## Task instructions
Up to and including the line with "fn note_behind(reports_before: u64, note: Note)", repeat every line of the listing exactly, beginning at the first.

## Extracted entries
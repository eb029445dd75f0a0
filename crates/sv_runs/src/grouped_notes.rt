//! Notes behind the reports of a reply that was grouped.
ghost use Rattle.std.specs.Prelude.{◌≡◌, ℕ, All, IfOk, get_or, map};
ghost use Rattle.sv_model.specs.Notes.{cells_of_notes, IsNoteRun};
ghost use Rattle.sv_model.specs.Replies.{note_behind, reports_before};
ghost use Rattle.sv_runs.specs.Joined.{AreNoteRuns, EndsWithin};
ghost use Rattle.sv_runs.specs.Grouped.{HasNoteRun, moved};

use crate::notes::add_note;
use std::alloc::{AllocError, Global};
use sv_model::work::{EventNote, FenceNote, LayoutNote, Note, OwnerNote, TimelineNote};
use sv_range::List;

fn reports_before(note: Note) -> u64
    ensures { result ≡ reports_before note }
{
    match note {
        Note::Layout(layout) => layout.reports_before,
        Note::Owner(owner) => owner.reports_before,
        Note::Event(event) => event.reports_before,
        Note::Timeline(timeline) => timeline.reports_before,
        Note::Fence(fence) => fence.reports_before,
    }
}

fn note_behind(reports_before: u64, note: Note) -> Note
    ensures { result ≡ note_behind reports_before note }
{
    match note {
        Note::Layout(layout) => Note::Layout(LayoutNote {
            reports_before,
            ..layout
        }),
        Note::Owner(owner) => Note::Owner(OwnerNote {
            reports_before,
            ..owner
        }),
        Note::Event(event) => Note::Event(EventNote {
            reports_before,
            ..event
        }),
        Note::Timeline(timeline) => Note::Timeline(TimelineNote {
            reports_before,
            ..timeline
        }),
        Note::Fence(fence) => Note::Fence(FenceNote {
            reports_before,
            ..fence
        }),
    }
}

fn number_at(numbers: &[u64], place: u64) -> u64
    ensures { result ≡ get_or numbers.now place 0 }
{
    match numbers.get(place as usize) {
        Some(number) => *number,
        None => 0,
    }
}

fn moved(numbers: &[u64], note: Note) -> Note
    ensures { result ≡ moved (λ (k : ℕ). get_or numbers.now k 0) note }
{
    note_behind(number_at(numbers, reports_before(note)), note)
}

// The notes in greatest runs, each behind the number of reports that stands at its own number.
pub fn group_notes(alloc: Global, notes: &[Note], numbers: &[u64]) -> Result<List<Note>, AllocError>
    requires { All HasNoteRun notes.now }
    ensures whole { IfOk result (λ grouped. cells_of_notes grouped
        ≡ cells_of_notes (map (moved (λ (k : ℕ). get_or numbers.now k 0)) notes.now)) }
    ensures runs { IfOk result AreNoteRuns }
{
    let mut grouped = List::new(alloc);
    for note in notes {
        add_note(&mut grouped, moved(numbers, *note))?;
    }
    Ok(grouped)
}
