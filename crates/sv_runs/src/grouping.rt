//! Replies in greatest runs of neighbouring cells.
ghost use Rattle.std.specs.Prelude.{◌≡◌, ℕ, All, IfOk, List, get_or};
ghost use Rattle.sv_model.specs.Replies.{IsReply};
ghost use Rattle.sv_model.specs.Reports.{spots_of};
ghost use Rattle.sv_model.specs.declared.line.Mark.{Mark};
ghost use Rattle.sv_model.specs.declared.line.Trace.{Trace};
ghost use Rattle.sv_runs.specs.Runs.{AreRuns};
ghost use Rattle.sv_runs.specs.Grouped.{HasNoteRun, HasRun, IsGrouped, Moves, StandsFor};

use crate::grouped_notes::group_notes;
use crate::reports::add_run;
use std::alloc::{AllocError, Global};
use sv_model::work::{Reply, Report};
use sv_range::List;

// The reports in greatest runs, and how many they are after each of those that were given.
fn group_reports(alloc: Global, reports: &[Report]) -> Result<(List<Report>, Vec<u64>), AllocError>
    requires { All HasRun reports.now }
    ensures whole { IfOk result (λ it. spots_of it.0 ≡ spots_of reports.now) }
    ensures runs { IfOk result (λ it. AreRuns it.0) }
    ensures moves { IfOk result (λ it. Moves reports.now it.0 (λ (k : ℕ). get_or it.1.items k 0)) }
{
    let mut grouped = List::new(alloc);
    let mut numbers = vec![in alloc; 0u64]?;
    for report in reports {
        add_run(&mut grouped, *report)?;
        numbers.push(grouped.len() as u64)?;
    }
    Ok((grouped, numbers))
}

/// The reply in greatest runs of neighbouring cells: reports of one access with the same partner and kind
/// are joined, and so are layout and owner notes of one access or element that declare and found the same.
/// Each of the reply's areas is one run of cells, which crosses no mip. Each note's number of reports
/// before it is put right for the joined reports. So a reply that stands for the reply to an event cell by
/// cell is then that reply.
pub fn group(alloc: Global, reply: &Reply) -> Result<Reply, AllocError>
    requires reports { All HasRun reply.now.reports }
    requires notes { All HasNoteRun reply.now.notes }
    ensures grouped { IfOk result (IsGrouped reply.now) }
    ensures stands { IfOk result (λ grouped. (t : Trace) (history : List Mark) (event : ℕ)
        → StandsFor t history event reply.now → IsReply t history event grouped) }
{
    let given = reply.reports.as_slice();
    let noted = reply.notes.as_slice();
    let (reports, numbers) = group_reports(alloc, given)?;
    let notes = group_notes(alloc, noted, numbers.as_slice())?;
    Ok(Reply { reports, notes })
}
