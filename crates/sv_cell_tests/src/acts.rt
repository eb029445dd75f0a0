//! Steps of one access or of one group, as tables write them.
ghost use Rattle.std.specs.Prelude.{◌≡◌, ◌∷◌, [], IfOk, IfSome, IsSome, IsTrue, Some, option_to_list};
ghost use Rattle.sv_step_laws.specs.Steps.{IsAccessOf, IsOfImage};
ghost use Rattle.sv_space.specs.Areas.{IsAreaOf};
ghost use Rattle.sv_cell_tests.specs.NextSteps.{IsNextOf, IsTransitionOn};

use crate::areas::At;
use crate::inside::{is_access_inside, is_inside, is_of_image};
use std::alloc::{AllocError, Global};
use sv_mask::{Layout, Stages, Usage, Usages};
use sv_model::line::Trace;
use sv_model::steps::push_some;
use sv_model::work::{Access, Area, Dep, Group, Old, Place, Step, Track, Transfer, What};
use sv_range::List;

/// The stages and usages of the two scopes of a barrier, both of queue 0.
#[derive(Clone, Copy)]
pub struct Scopes {
    pub s1: u32,
    pub a1: u64,
    pub s2: u32,
    pub a2: u64,
}

/// Nothing is in the scopes.
pub const NOTHING: Scopes = Scopes {
    s1: 0,
    a1: 0,
    s2: 0,
    a2: 0,
};

/// What an element of a barrier does besides: nothing, it names old and new layouts on a queue, or it is a
/// release or an acquire, of the first family to the second, which may name layouts too.
#[derive(Clone, Copy)]
pub enum Change {
    Nothing,
    Layouts(u32, Layout, Layout),
    Release(u32, u32, Option<(Layout, Layout)>),
    Acquire(u32, u32, Option<(Layout, Layout)>),
}

/// A step. A use of a queue, by that usage, on some cells, and the layout that it declares; a barrier on all
/// resources; or a barrier with one element on some cells.
#[derive(Clone, Copy)]
pub enum Act {
    Use(u32, u8, At, Option<Layout>),
    Barrier(Scopes),
    Element(Scopes, At, Change),
}

impl Change {
    // The family of a queue is its number. An acquire is recorded on a queue of the family that acquires.
    fn queue(self) -> u32 {
        match self {
            Change::Nothing => 0,
            Change::Layouts(queue, _, _) => queue,
            Change::Release(from, _, _) => from,
            Change::Acquire(_, to, _) => to,
        }
    }

    fn layouts(self) -> Option<(Layout, Layout)> {
        match self {
            Change::Nothing => None,
            Change::Layouts(_, was, becomes) => Some((was, becomes)),
            Change::Release(_, _, layouts) => layouts,
            Change::Acquire(_, _, layouts) => layouts,
        }
    }

    fn is_release(self) -> bool {
        matches!(self, Change::Release(_, _, _))
    }

    fn transfer(self, area: Area) -> Option<Transfer>
        ensures { IfSome result (λ x. x.area ≡ area) }
    {
        match self {
            Change::Release(from, to, _) => Some(Transfer {
                release: true,
                from,
                to,
                area,
            }),
            Change::Acquire(from, to, _) => Some(Transfer {
                release: false,
                from,
                to,
                area,
            }),
            Change::Nothing => None,
            Change::Layouts(_, _, _) => None,
        }
    }
}

/// The place of what the step with that number does: a command of that number.
pub fn place_of(number: u64) -> Place {
    Place {
        event: 1,
        batch: 0,
        slot: 0,
        rec: 0,
        cmd: (number % 1000) as u32,
    }
}

fn use_of(number: u64, queue: u32, usage: u8, area: Area, layout: Option<Layout>) -> Access
    ensures step { result.step ≡ number }
    ensures pos { result.pos ≡ 0 }
{
    Access {
        area,
        what: What::Use(Usage(usage)),
        queue,
        sub: None,
        layout,
        place: place_of(number),
        step: number,
        pos: 0,
    }
}

fn dep_of(scopes: Scopes, range: Option<Area>) -> Dep
    ensures { result.range ≡ range }
{
    Dep {
        from: Track::Queue(0),
        s1: Stages(scopes.s1),
        a1: Usages(scopes.a1),
        to: Track::Queue(0),
        s2: Stages(scopes.s2),
        a2: Usages(scopes.a2),
        range,
    }
}

fn old_of(area: Area, layouts: Option<(Layout, Layout)>) -> Option<Old>
    ensures is { IfSome result (λ o. o.area ≡ area) }
    ensures there { IsSome layouts → IsSome result }
{
    match layouts {
        None => None,
        Some((was, becomes)) => Some(Old { area, was, becomes }),
    }
}

// An element has a transition where its layouts differ and it is no release.
fn transition_of(number: u64, area: Area, change: Change, old: Option<Old>) -> Option<Access>
    ensures is { IfSome result (IsTransitionOn area number) }
    ensures paired { IsSome result → IsSome old }
{
    let Some(Old { was, becomes, .. }) = old else {
        return None;
    };
    if change.is_release() || was == becomes {
        return None;
    }
    Some(Access {
        area,
        what: What::Transition,
        queue: change.queue(),
        sub: None,
        layout: None,
        place: place_of(number),
        step: number,
        pos: 0,
    })
}

fn list_of<T: Drop>(alloc: Global, item: Option<T>) -> Result<List<T>, AllocError>
    ensures { IfOk result (λ list. list ≡ option_to_list item) }
{
    let mut list = List::new(alloc);
    push_some(&mut list, item)?;
    Ok(list)
}

fn group_of(
    alloc: Global,
    number: u64,
    dep: Dep,
    transition: Option<Access>,
    old: Option<Old>,
    transfer: Option<Transfer>,
) -> Result<Group, AllocError>
    ensures step { IfOk result (λ g. g.step ≡ number) }
    ensures deps { IfOk result (λ g. g.deps ≡ dep ∷ []) }
    ensures transitions { IfOk result (λ g. g.transitions ≡ option_to_list transition) }
    ensures olds { IfOk result (λ g. g.olds ≡ option_to_list old) }
    ensures transfer { IfOk result (λ g. g.transfer ≡ transfer) }
{
    Ok(Group {
        step: number,
        place: place_of(number),
        deps: list_of(alloc, Some(dep))?,
        transitions: list_of(alloc, transition)?,
        olds: list_of(alloc, old)?,
        transfer,
    })
}

fn use_step(alloc: Global, trace: &Trace, access: Access) -> Result<Option<Step>, AllocError>
    requires { access.pos ≡ 0 }
    ensures { IfOk result (λ found. IfSome found (IsNextOf trace.now access.step)) }
{
    if !is_access_inside(trace, &access) {
        return Ok(None);
    }
    let list = list_of(alloc, Some(access))?;
    Ok(Some(Step::Accesses(list)))
}

fn barrier_step(alloc: Global, number: u64, scopes: Scopes) -> Result<Step, AllocError>
    ensures { IfOk result (λ step. (t : _) → IsNextOf t number step) }
{
    let dep = dep_of(scopes, None);
    let group = group_of(alloc, number, dep, None, None, None)?;
    let groups = list_of(alloc, Some(group))?;
    Ok(Step::Groups(groups))
}

// Whether the element is on cells of a declared resource, and names layouts of images alone.
fn is_element_inside(trace: &Trace, area: Area, old: Option<Old>) -> bool
    ensures inside { IsTrue result → IsAreaOf trace.now area }
    ensures image { IsTrue result → IsSome old → IsOfImage area }
{
    is_inside(trace, area) && (old.is_none() || is_of_image(area))
}

fn element_step(
    alloc: Global,
    trace: &Trace,
    number: u64,
    scopes: Scopes,
    area: Area,
    change: Change,
) -> Result<Option<Step>, AllocError>
    ensures { IfOk result (λ found. IfSome found (IsNextOf trace.now number)) }
{
    let old = old_of(area, change.layouts());
    if !is_element_inside(trace, area, old) {
        return Ok(None);
    }
    let dep = dep_of(scopes, Some(area));
    let transition = transition_of(number, area, change, old);
    let group = group_of(alloc, number, dep, transition, old, change.transfer(area))?;
    let groups = list_of(alloc, Some(group))?;
    Ok(Some(Step::Groups(groups)))
}

/// The step with that number that the act stands for. None where it is not inside the resources of the trace.
pub fn step_of(
    alloc: Global,
    trace: &Trace,
    number: u64,
    act: Act,
) -> Result<Option<Step>, AllocError>
    ensures { IfOk result (λ found. IfSome found (IsNextOf trace.now number)) }
{
    match act {
        Act::Use(queue, usage, at, layout) => {
            let access = use_of(number, queue, usage, at.area(), layout);
            use_step(alloc, trace, access)
        }
        Act::Barrier(scopes) => {
            let step = barrier_step(alloc, number, scopes)?;
            Ok(Some(step))
        }
        Act::Element(scopes, at, change) => {
            element_step(alloc, trace, number, scopes, at.area(), change)
        }
    }
}
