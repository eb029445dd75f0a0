//! A number as the value of a cell.
use std::alloc::AllocError;
use sv_rangemap::Piece;

#[derive(Clone, Copy, Drop)]
pub struct Number {
    pub value: u64,
}

impl Piece for Number {
    ghost use Rattle.std.specs.Prelude.{◌==◌};
    ghost use Rattle.std.proofs.Common.{rules};
    ghost use Rattle.std.proofs.lemmas.Bool.{eqb-true};

    ghost is_same = { λ a b. a.value == b.value };

    fn copy(&self) -> Result<Number, AllocError> {
        Ok(*self)
    }

    fn same(&self, other: &Number) -> bool {
        self.value == other.value
    }

    ghost same_are_equal = { λ a b same. Prim.search (rules, eqb-true) };
}
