//! The space, the layouts and the owners of a trace that take one step after another.
ghost use Rattle.std.specs.Prelude.{IfOk, IfSome, OnOk};
ghost use Rattle.sv_model.specs.Lawful.{IsLawful};
ghost use Rattle.sv_cell_tests.specs.NextSteps.{IsNextOf};
ghost use Rattle.sv_cell_tests.specs.Standing.{AreCellsOf};

use crate::acts::{Act, step_of};
use crate::inside::{is_image_cell, is_inside, is_resource_cell};
use std::alloc::{AllocError, Global};
use sv_check::read_text;
use sv_layout::Layouts;
use sv_mask::Layout;
use sv_model::line::Trace;
use sv_model::work::{Area, Note, Owner, Report, Step};
use sv_owner::Owners;
use sv_space::Space;

#[derive(Drop)]
pub struct Cells {
    pub space: Space,
    pub layouts: Layouts,
    pub owners: Owners,
}

/// What the steps reported and noted so far.
#[derive(Drop)]
pub struct Answers {
    pub reports: Vec<Report>,
    pub layout_notes: Vec<Note>,
    pub owner_notes: Vec<Note>,
}

/// A trace, its cells after some steps, and what these reported and noted.
#[derive(Drop)]
pub struct Tried {
    pub trace: Trace,
    pub cells: Cells,
    pub answers: Answers,
}

fn open(alloc: Global, trace: &Trace) -> Result<Cells, AllocError>
    requires { IsLawful trace.now }
    ensures { IfOk result (λ cells. AreCellsOf trace.now cells.space cells.layouts cells.owners) }
{
    let space = Space::open(alloc, trace)?;
    let layouts = Layouts::open(alloc, trace)?;
    let owners = Owners::open(alloc, trace)?;
    Ok(Cells {
        space,
        layouts,
        owners,
    })
}

fn no_answers(alloc: Global) -> Answers {
    Answers {
        reports: Vec::new(alloc),
        layout_notes: Vec::new(alloc),
        owner_notes: Vec::new(alloc),
    }
}

// The step is taken by all three.
fn take(
    trace: &Trace,
    number: u64,
    cells: &mut Cells,
    answers: &mut Answers,
    step: &Step,
) -> Result<(), AllocError>
    requires cells { AreCellsOf trace.now cells.old.space cells.old.layouts cells.old.owners }
    requires step { IsNextOf trace.now number step.now }
    ensures { OnOk result (AreCellsOf trace.now cells.new.space cells.new.layouts cells.new.owners) }
{
    let reports = cells.space.touch(step)?;
    let layout_notes = cells.layouts.apply(step)?;
    let owner_notes = cells.owners.apply(step)?;
    answers.reports.extend_from_slice(reports.as_slice())?;
    answers
        .layout_notes
        .extend_from_slice(layout_notes.as_slice())?;
    answers
        .owner_notes
        .extend_from_slice(owner_notes.as_slice())
}

// The act is taken as the step with that number. Tells whether it lies inside the resources of the trace.
fn take_act(
    alloc: Global,
    trace: &Trace,
    cells: &mut Cells,
    answers: &mut Answers,
    number: u64,
    act: Act,
) -> Result<bool, AllocError>
    requires { AreCellsOf trace.now cells.old.space cells.old.layouts cells.old.owners }
    ensures { OnOk result (AreCellsOf trace.now cells.new.space cells.new.layouts cells.new.owners) }
{
    match step_of(alloc, trace, number, act)? {
        None => Ok(false),
        Some(step) => {
            take(trace, number, cells, answers, &step)?;
            Ok(true)
        }
    }
}

/// The cells of the trace of a text after these acts. None where the text is refused, or an act lies
/// outside of its resources.
pub fn take_all(alloc: Global, text: &str, acts: &[Act]) -> Result<Option<Tried>, AllocError>
    ensures { IfOk result (λ found. IfSome found (λ r. AreCellsOf r.trace r.cells.space r.cells.layouts
        r.cells.owners)) }
{
    let Ok(trace) = read_text(alloc, text.as_bytes()) else {
        return Ok(None);
    };
    let mut cells = open(alloc, &trace)?;
    let mut answers = no_answers(alloc);
    for number in 0..acts.len() {
        if !take_act(
            alloc,
            &trace,
            &mut cells,
            &mut answers,
            number as u64,
            acts[number],
        )? {
            return Ok(None);
        }
    }
    Ok(Some(Tried {
        trace,
        cells,
        answers,
    }))
}

impl Tried {
    /// The layout of the cell of an image that has this number. None where there is none.
    pub fn layout(&self, res: u32, number: u64) -> Option<Layout>
        requires { AreCellsOf self.now.trace self.now.cells.space self.now.cells.layouts
            self.now.cells.owners }
    {
        if !is_image_cell(&self.trace, res, number) {
            return None;
        }
        Some(self.cells.layouts.current(res, number))
    }

    /// The owner of the cell of a resource that has this number. None where there is none.
    pub fn owner(&self, res: u32, number: u64) -> Option<Owner>
        requires { AreCellsOf self.now.trace self.now.cells.space self.now.cells.layouts
            self.now.cells.owners }
    {
        if !is_resource_cell(&self.trace, res, number) {
            return None;
        }
        Some(self.cells.owners.current(res, number))
    }

    /// The number of groups that the state of the cell was given. None where the area is not of the trace.
    pub fn upto(&self, at: Area) -> Option<u64>
        requires { AreCellsOf self.now.trace self.now.cells.space self.now.cells.layouts
            self.now.cells.owners }
    {
        if !is_inside(&self.trace, at) {
            return None;
        }
        Some(self.cells.space.upto(&at))
    }
}
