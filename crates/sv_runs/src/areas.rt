//! Areas of neighbouring cells that are joined.
ghost use Rattle.std.specs.Prelude.{◌≡◌, ◌↔◌, IsTrue};
ghost use Rattle.sv_model.specs.Cells.{EndsSmall};
ghost use Rattle.sv_model.specs.Reports.{Follows};
ghost use Rattle.sv_runs.specs.Joined.{joined_area};

use sv_model::work::Area;
use sv_range::{Cells, Span};

/// Whether the second area begins where the first one ends.
pub fn follows(first: Area, second: Area) -> bool
    ensures { IsTrue result ↔ Follows first second }
{
    match (first, second) {
        (Area::Bytes { res: a, span: s }, Area::Bytes { res: b, span: t }) => a == b
            && s.end == t.start,
        (Area::Image { res: a, cells: s }, Area::Image { res: b, cells: t }) => {
            a == b
                && s.mip == t.mip
                && u64::from(s.layer) + u64::from(s.layers) == u64::from(t.layer)
        }
        _ => false,
    }
}

/// One area of two of which the second begins where the first one ends.
pub fn joined_area(first: Area, second: Area) -> Area
    requires ends { EndsSmall second }
    requires next { Follows first second }
    ensures { result ≡ joined_area first second }
{
    match (first, second) {
        (Area::Bytes { res, span }, Area::Bytes { span: next, .. }) => Area::Bytes {
            res,
            span: Span {
                start: span.start,
                end: next.end,
            },
        },
        (Area::Image { res, cells }, Area::Image { cells: next, .. }) => Area::Image {
            res,
            cells: Cells {
                layers: cells.layers + next.layers,
                ..cells
            },
        },
        _ => first,
    }
}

## The answer
repository eb029445dd75f0a0
filename crates/sv_runs/src/grouped_notes.rt
//! Notes behind the reports of a reply that was grouped.
ghost use Rattle.std.specs.Prelude.{◌≡◌, ℕ, All, IfOk, get_or, map};
ghost use Rattle.sv_model.specs.Notes.{cells_of_notes, IsNoteRun};
ghost use Rattle.sv_model.specs.Replies.{note_behind, reports_before};
ghost use Rattle.sv_runs.specs.Joined.{AreNoteRuns, EndsWithin};
ghost use Rattle.sv_runs.specs.Grouped.{HasNoteRun, moved};

use crate::notes::add_note;
use std::alloc::{AllocError, Global};
use sv_model::work::{EventNote, FenceNote, LayoutNote, Note, OwnerNote, TimelineNote};
use sv_range::List;

fn reports_before(note: Note) -> u64
    ensures { result ≡ reports_before note }
{
    match note {
        Note::Layout(layout) => layout.reports_before,
        Note::Owner(owner) => owner.reports_before,
        Note::Event(event) => event.reports_before,
        Note::Timeline(timeline) => timeline.reports_before,
        Note::Fence(fence) => fence.reports_before,
    }
}

fn note_behind(reports_before: u64, note: Note) -> Note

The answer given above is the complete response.